In the context of data ethics, the concerns surrounding the use of student essays and tutor feedback extend to the broader landscape of data gathering and usage:

Ensuring meaningful consent is an ethical imperative. Respecting individuals' autonomy and allowing them to make informed choices about their data usage is foundational to ethical data practices. The employment contract and pressure from Paper may interfere with ethical informed consent practices: if the option is to partake in this practice or be fired, do you have real consent?

Transparency in data usage involves not only informing individuals about how their data will be used but also being transparent about the broader goals of AI development and training. It seems like Paper has assumed that being “open” means that the schools are informed, but I am not sure if they have been explicitly told that AI is being used in tutoring sessions or in one on ones with students.

Transparency builds trust and aligns with ethical principles. PIPEDA and the proposed CPPA emphasize the importance of obtaining valid consent before collecting and using personal information. Using personal data for AI training improperly or without consent could run afoul of these laws. Paper’s lack of transparency around data gathering and use raises significant concerns.

Beyond compensation, fairness involves recognizing the value that employee-generated content brings to AI models.
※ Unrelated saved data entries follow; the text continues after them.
//! A partition of a log in a stream of JetStream.
ghost use Rattle.std.specs.Prelude.{◌≡◌, ◌++◌, [], true, false, suc, decimal, None, OnOk, OnErr, IfOk};
ghost use Rattle.pay_nats.specs.Requests.{published};
ghost use Rattle.pay_jetstream.specs.Asks.{Answers};
ghost use Rattle.pay_jetstream.specs.Given.{IsGivenBy};
ghost use Rattle.pay_jetstream.specs.StreamParts.{IsSameStream};
ghost use Rattle.pay_jetstream.specs.Taken.{GivesIn};

use crate::published::Published;
use crate::said::{Said, said_of};
use crate::whole::read_whole;
use crate::writing::write;
use itoa::Buffer;
use pay_follow::{LogFault, Partition};
use pay_nats::{Publication, Request, read_frame};
use pay_wire::KnownWriter;
use std::alloc::{AllocError, Global};
use std::io::BufRead;
use std::marker::Model;
use std::snapshot::Snapshot;

/// How many frames may come before the next line.
const MOST_FRAMES: u64 = 1 << 32;

/// A partition of a log that is a stream of JetStream, at a connection with a subscription to it. In a contract it is the number of the
/// subscription, the bytes that the server sends, where they are known, the last place that was read, and what was published.
#[derive(Drop)]
pub struct JetStream<R: BufRead, W: KnownWriter> {
    reader: R,
    writer: W,
    // The frame that was read last, and what was written last.
    held: Vec<u8>,
    out: Vec<u8>,
    // The subject under which replies are published, up to the place, and that of the last one; and the reply.
    answers: Vec<u8>,
    subject: Vec<u8>,
    reply: Vec<u8>,
    sid: u64,
    last: u64,
    // Whether it cannot be read on.
    failed: bool,
    // The reader before the first frame.
    began: Snapshot<R>,
    published: Published,
}

impl<R: BufRead, W: KnownWriter> Model for JetStream<R, W> {
    ghost use Rattle.pay_jetstream.specs.StreamParts.{StreamParts, stream_code, all_published, IsUnderway};

    ghost Value = { StreamParts };

    ghost coded = { stream_code };

    ghost view = { λ s. record { sid = s.sid; answers = s.answers.items; sent = R.remaining s.began.value; written = W.contents s.writer; last = s.last; published = all_published s.published } };

    ghost invariant = { λ s. IsUnderway s.failed (R.remaining s.began.value) (R.remaining s.reader) };
}

/// Does what a frame asks for, and says whether it gave the line after a place.
fn heed<W: KnownWriter>(
    held: &[u8],
    sid: u64,
    last: u64,
    writer: &mut W,
    out: &mut Vec<u8>,
    line: &mut Vec<u8>,
) -> Result<bool, LogFault>
    ensures line { IfOk result (λ is_line. is_line ≡ true → GivesIn sid held.now (suc last) line.new.items) }
    ensures written { OnOk result (Answers (W.contents writer.old) (W.contents writer.new)) }
{
    let said = match read_frame(held) {
        Ok(Some((frame, _))) => said_of(&frame, sid),
        Ok(None) | Err(_) => Said::Over,
    };
    match said {
        Said::Line { place, line: given } => {
            if place == 0 || place - 1 != last {
                return Err(LogFault::Gap {
                    after: last,
                    gave: place,
                });
            }
            line.clear();
            if line.extend_from_slice(given).is_err() {
                return Err(LogFault::Memory);
            }
            Ok(true)
        }
        Said::Waits(subject) => {
            write(writer, out, &Request::Publish(under(subject, &[])))?;
            Ok(false)
        }
        Said::Ping => {
            write(writer, out, &Request::Pong)?;
            Ok(false)
        }
        Said::Nothing => Ok(false),
        Said::Over => Err(LogFault::NotReached),
    }
}

/// Something that is published under a subject.
fn under<'a>(subject: &'a [u8], payload: &'a [u8]) -> Publication<'a>
    ensures { published result ≡ record { subject = subject.now; reply = None; headers = None; payload = payload.now } }
{
    Publication {
        subject,
        reply: None,
        headers: None,
        payload,
    }
}

impl<R: BufRead, W: KnownWriter> JetStream<R, W> {
    /// Takes a frame, and says whether it gave the next line.
    fn take_frame(&mut self, line: &mut Vec<u8>) -> Result<bool, LogFault>
        ensures same { IsSameStream self.old self.new }
        ensures line { IfOk result (λ is_line. is_line ≡ true → (self.new.last ≡ suc self.old.last) × IsGivenBy (self.old.sid, self.old.sent) (suc self.old.last) line.new.items) }
        ensures stays { IfOk result (λ is_line. is_line ≡ false → self.new.last ≡ self.old.last) }
        ensures failed { OnErr result (self.new.last ≡ self.old.last) }
        ensures written { OnOk result (Answers self.old.written self.new.written) }
    {
        if self.failed {
            return Err(LogFault::NotReached);
        }
        self.failed = true;
        read_whole(&mut self.reader, &mut self.held)?;
        let is_line = heed(
            &self.held,
            self.sid,
            self.last,
            &mut self.writer,
            &mut self.out,
            line,
        )?;
        if is_line {
            self.last += 1;
        }
        self.failed = false;
        Ok(is_line)
    }
}

impl<R: BufRead + Drop, W: KnownWriter + Drop> Partition for JetStream<R, W> {
    ghost use Rattle.std.specs.Prelude.{◌≡◌, ℕ, suc, List, Option, OnOk, OnErr};
    ghost use Rattle.pay_jetstream.specs.Asks.{Answers};
    ghost use Rattle.pay_jetstream.specs.Given.{IsGivenBy};
    ghost use Rattle.std.specs.Io.KnownBytes.{Appends};
    ghost use Rattle.pay_nats.specs.Requests.{request_bytes};
    ghost use Rattle.pay_follow.specs.Words.{publish, read_on};
    ghost use Rattle.pay_jetstream.specs.StreamParts.{origin_of, partition_of, reply_at};

    ghost Origin = { ℕ × Option (List ℕ) };

    ghost origin = { λ s. origin_of s };

    ghost HasLine = { λ origin place line. IsGivenBy origin place line };

    ghost parts = { λ s. partition_of s };

    // The trait's clauses, and what is written.
    fn read(&mut self, line: &mut Vec<u8>) -> Result<(), LogFault>
        ensures same { origin_of self.new ≡ origin_of self.old }
        ensures line { OnOk result (IsGivenBy (origin_of self.old) (suc (partition_of self.old).last) line.new.items) }
        ensures next { OnOk result (partition_of self.new ≡ read_on (partition_of self.old)) }
        ensures stays { OnErr result (partition_of self.new ≡ partition_of self.old) }
        ensures written { OnOk result (Answers self.old.written self.new.written) }
    {
        for _ in 0..MOST_FRAMES {
            if self.take_frame(line)? {
                return Ok(());
            }
        }
        Err(LogFault::NotReached)
    }

    // The trait's clauses, and what is written.
    fn publish(&mut self, reply: &[u8]) -> Result<(), LogFault>
        ensures same { origin_of self.new ≡ origin_of self.old }
        ensures published { OnOk result (partition_of self.new ≡ publish (partition_of self.old) reply.now) }
        ensures last { OnErr result (self.new.last ≡ self.old.last) }
        ensures written { OnOk result (Appends self.old.written self.new.written (request_bytes (reply_at self.old.answers self.old.last reply.now))) }
    {
        self.reply.clear();
        self.subject.clear();
        if put_subject(&mut self.subject, &self.answers, self.last).is_err()
            || self.reply.extend_from_slice(reply).is_err()
        {
            return Err(LogFault::Memory);
        }
        let request = Request::Publish(under(&self.subject, reply));
        write(&mut self.writer, &mut self.out, &request)?;
        self.published = Published::Then {
            earlier: Snapshot::of(&self.published),
            place: Snapshot::of(&self.last),
            reply: Snapshot::of(&self.reply),
        };
        Ok(())
    }

    fn last(&self) -> u64 {
        self.last
    }
}

/// Writes the subject of a place's reply at the end.
fn put_subject(out: &mut Vec<u8>, answers: &[u8], place: u64) -> Result<(), AllocError>
    ensures { OnOk result (out.new.items ≡ out.old.items ++ (answers.now ++ decimal place)) }
{
    out.extend_from_slice(answers)?;
    out.extend_from_slice(Buffer::new().format(place).as_bytes())
}

impl<R: BufRead, W: KnownWriter> JetStream<R, W> {
    /// A stream that is read on after a place, before the first frame for it. Replies are published under a subject that begins so and
    /// ends with the place.
    pub fn new(
        alloc: Global,
        reader: R,
        writer: W,
        answers: Vec<u8>,
        sid: u64,
        last: u64,
    ) -> JetStream<R, W>
        ensures { result ≡ record { sid = sid; answers = answers.items; sent = R.remaining reader; written = W.contents writer; last = last; published = [] } }
    {
        JetStream {
            began: Snapshot::of(&reader),
            reader,
            writer,
            held: Vec::new(alloc),
            out: Vec::new(alloc),
            answers,
            subject: Vec::new(alloc),
            reply: Vec::new(alloc),
            sid,
            last,
            failed: false,
            published: Published::None,
        }
    }
}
Ensuring fair compensation reflects a commitment to recognizing the labor and expertise of employees.

Encouraging employees to participate in AI tasks without sufficient understanding or ethical guidance might lead to unintended consequences. Providing employees with the resources to make informed ethical decisions is essential.

Any information leaked to OpenAI is part of a wider cultural issue: every company that used OpenAI and its API in the early days of its release may have inadvertently leaked data. This is a systemic issue that requires a broader conversation about data ethics and AI development.

Conclusion #

Again, my goal in writing this was not to slander Paper Tutoring. I think, frankly, this is a reflection of a lot of companies in the early days of using chatGPT. This means current OpenAI models are trained on data leaked to them by numerous companies, and some of this information is personal, private, HIPAA-protected, confidential, or from underage users. I do not have a solution for this.
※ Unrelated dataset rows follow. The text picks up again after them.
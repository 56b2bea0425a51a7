//! A partition of a log is opened in a stream of JetStream.
ghost use Rattle.std.specs.Prelude.{◌≡◌, ◌++◌, [], ◌∷◌, codes, IfOk, OnOk};
ghost use Rattle.pay_jetstream_api.specs.Words.{stream_seen};
ghost use Rattle.pay_jetstream.specs.Asks.{Asks};
ghost use Rattle.pay_jetstream.specs.Opening.{had, lines_sid, opening, stream_request};

use crate::client::{Client, fault_of};
use crate::jet_stream::JetStream;
use crate::writing::write;
use pay_follow::LogFault;
use pay_jetstream_api::{Stream, consumer_text, read_stream, read_taken};
use pay_nats::Request;
use pay_wire::KnownWriter;
use std::alloc::Global;
use std::io::BufRead;

/// The number of the subscription to lines.
const LINES: u64 = 2;

/// Which stream a partition is, and what it has to say of itself.
#[derive(Clone, Copy)]
pub struct PartitionPlan<'a> {
    /// The stream's name.
    pub stream: &'a str,
    /// Its description.
    pub description: &'a str,
    /// How the subjects begin under which replies are published; the place follows.
    pub answers: &'a str,
    /// The subject under which lines are delivered, which nobody else has.
    pub deliver: &'a str,
}

/// Whether a stream is that of a plan, and has all that was read up to a place.
pub fn is_had(stream: &Stream, description: &str, last: u64) -> Result<(), LogFault>
    ensures { result ≡ had (stream_seen stream.now) description.now last }
{
    if stream.description.as_str() != description {
        return Err(LogFault::Other);
    }
    if stream.first > 1 {
        return Err(LogFault::Cut {
            first: stream.first,
        });
    }
    if stream.last < last {
        return Err(LogFault::Short {
            read: last,
            ends: stream.last,
        });
    }
    Ok(())
}

/// The subject of what JetStream is asked for about a stream.
pub(crate) fn about(alloc: Global, asked: &str, stream: &str) -> Result<Vec<u8>, LogFault>
    ensures { IfOk result (λ subject. subject.items ≡ codes "$JS.API." ++ (asked.now ++ stream.now)) }
{
    let mut subject = Vec::new(alloc);
    if subject.extend_from_slice(b"$JS.API.").is_err()
        || subject.extend_from_slice(asked.as_bytes()).is_err()
        || subject.extend_from_slice(stream.as_bytes()).is_err()
    {
        return Err(LogFault::Memory);
    }
    Ok(subject)
}

/// How the stream of a name is.
pub fn stream_at<R: BufRead + Drop, W: KnownWriter + Drop>(
    alloc: Global,
    client: &mut Client<R, W>,
    stream: &str,
) -> Result<Stream, LogFault>
    ensures written { OnOk result (Asks (stream_request client.old.inbox.items stream.now ∷ []) (W.contents client.old.writer) (W.contents client.new.writer)) }
    ensures inbox { client.new.inbox ≡ client.old.inbox }
{
    let mut answer = Vec::new(alloc);
    let subject = about(alloc, "STREAM.INFO.", stream)?;
    client.ask(&subject, &[], &mut answer)?;
    match read_stream(alloc, &answer) {
        Ok(stream) => Ok(stream),
        Err(fault) => Err(fault_of(fault)),
    }
}

/// Opens the partition of a plan, of which the line after a place is to be read next.
pub fn open_partition<R: BufRead + Drop, W: KnownWriter + Drop>(
    alloc: Global,
    mut client: Client<R, W>,
    plan: &PartitionPlan<'_>,
    last: u64,
) -> Result<JetStream<R, W>, LogFault>
    ensures sid { IfOk result (λ it. it.sid ≡ lines_sid) }
    ensures last { IfOk result (λ it. it.last ≡ last) }
    ensures none { IfOk result (λ it. it.published ≡ []) }
    ensures answers { IfOk result (λ it. it.answers ≡ plan.now.answers.now) }
    ensures written { IfOk result (λ it. Asks (opening client.inbox.items plan.now.stream.now plan.now.deliver.now last) (W.contents client.writer) it.written) }
{
    let stream = stream_at(alloc, &mut client, plan.stream)?;
    is_had(&stream, plan.description, last)?;
    let Some(next) = last.checked_add(1) else {
        return Err(LogFault::NotUnderstood);
    };
    let Ok(text) = consumer_text(alloc, plan.stream, plan.deliver, next) else {
        return Err(LogFault::Memory);
    };
    let mut answer = Vec::new(alloc);
    let subject = about(alloc, "CONSUMER.CREATE.", plan.stream)?;
    client.ask(&subject, text.as_str().as_bytes(), &mut answer)?;
    if let Err(fault) = read_taken(alloc, &answer) {
        return Err(fault_of(fault));
    }
    let lines = Request::Subscribe {
        subject: plan.deliver.as_bytes(),
        sid: LINES,
    };
    write(&mut client.writer, &mut client.out, &lines)?;
    let mut answers = Vec::new(alloc);
    if answers.extend_from_slice(plan.answers.as_bytes()).is_err() {
        return Err(LogFault::Memory);
    }
    let Client { reader, writer, .. } = client;
    Ok(JetStream::new(alloc, reader, writer, answers, LINES, last))
}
Wordpress and Tumblr have announced plans to share the information of users on those sites with OpenAI and Midjourney. Like Paper Tutoring’s students, the information shared will include data from users struggling with mental health, with divorce, with eating disorders and suicidal ideation. This information will be swallowed by a machine that can still produce that content, in order. It can still regurgitate its inputs. This isn’t data being put into a private service: it is people’s lives being reconstituted and sold to others.

I hope Paper and other companies that deal with sensitive information are willing to inform users when mistakes in these policies are made. And further: the purpose of tutoring is not just to get improved academic results, but to work with someone for a student to improve their understanding of a material. LLMs cannot understand the material: they can redescribe it, but they do not have the same skills as Tutors and the other laborers who they replace.

Changelog #

  • 2024-09-30: Initial post
  • 2024-10-02: Added additional context based on feedback from Arjun Subramonian - they do NLP @UCLA and are a great follow if you're at all interested in AI ethics.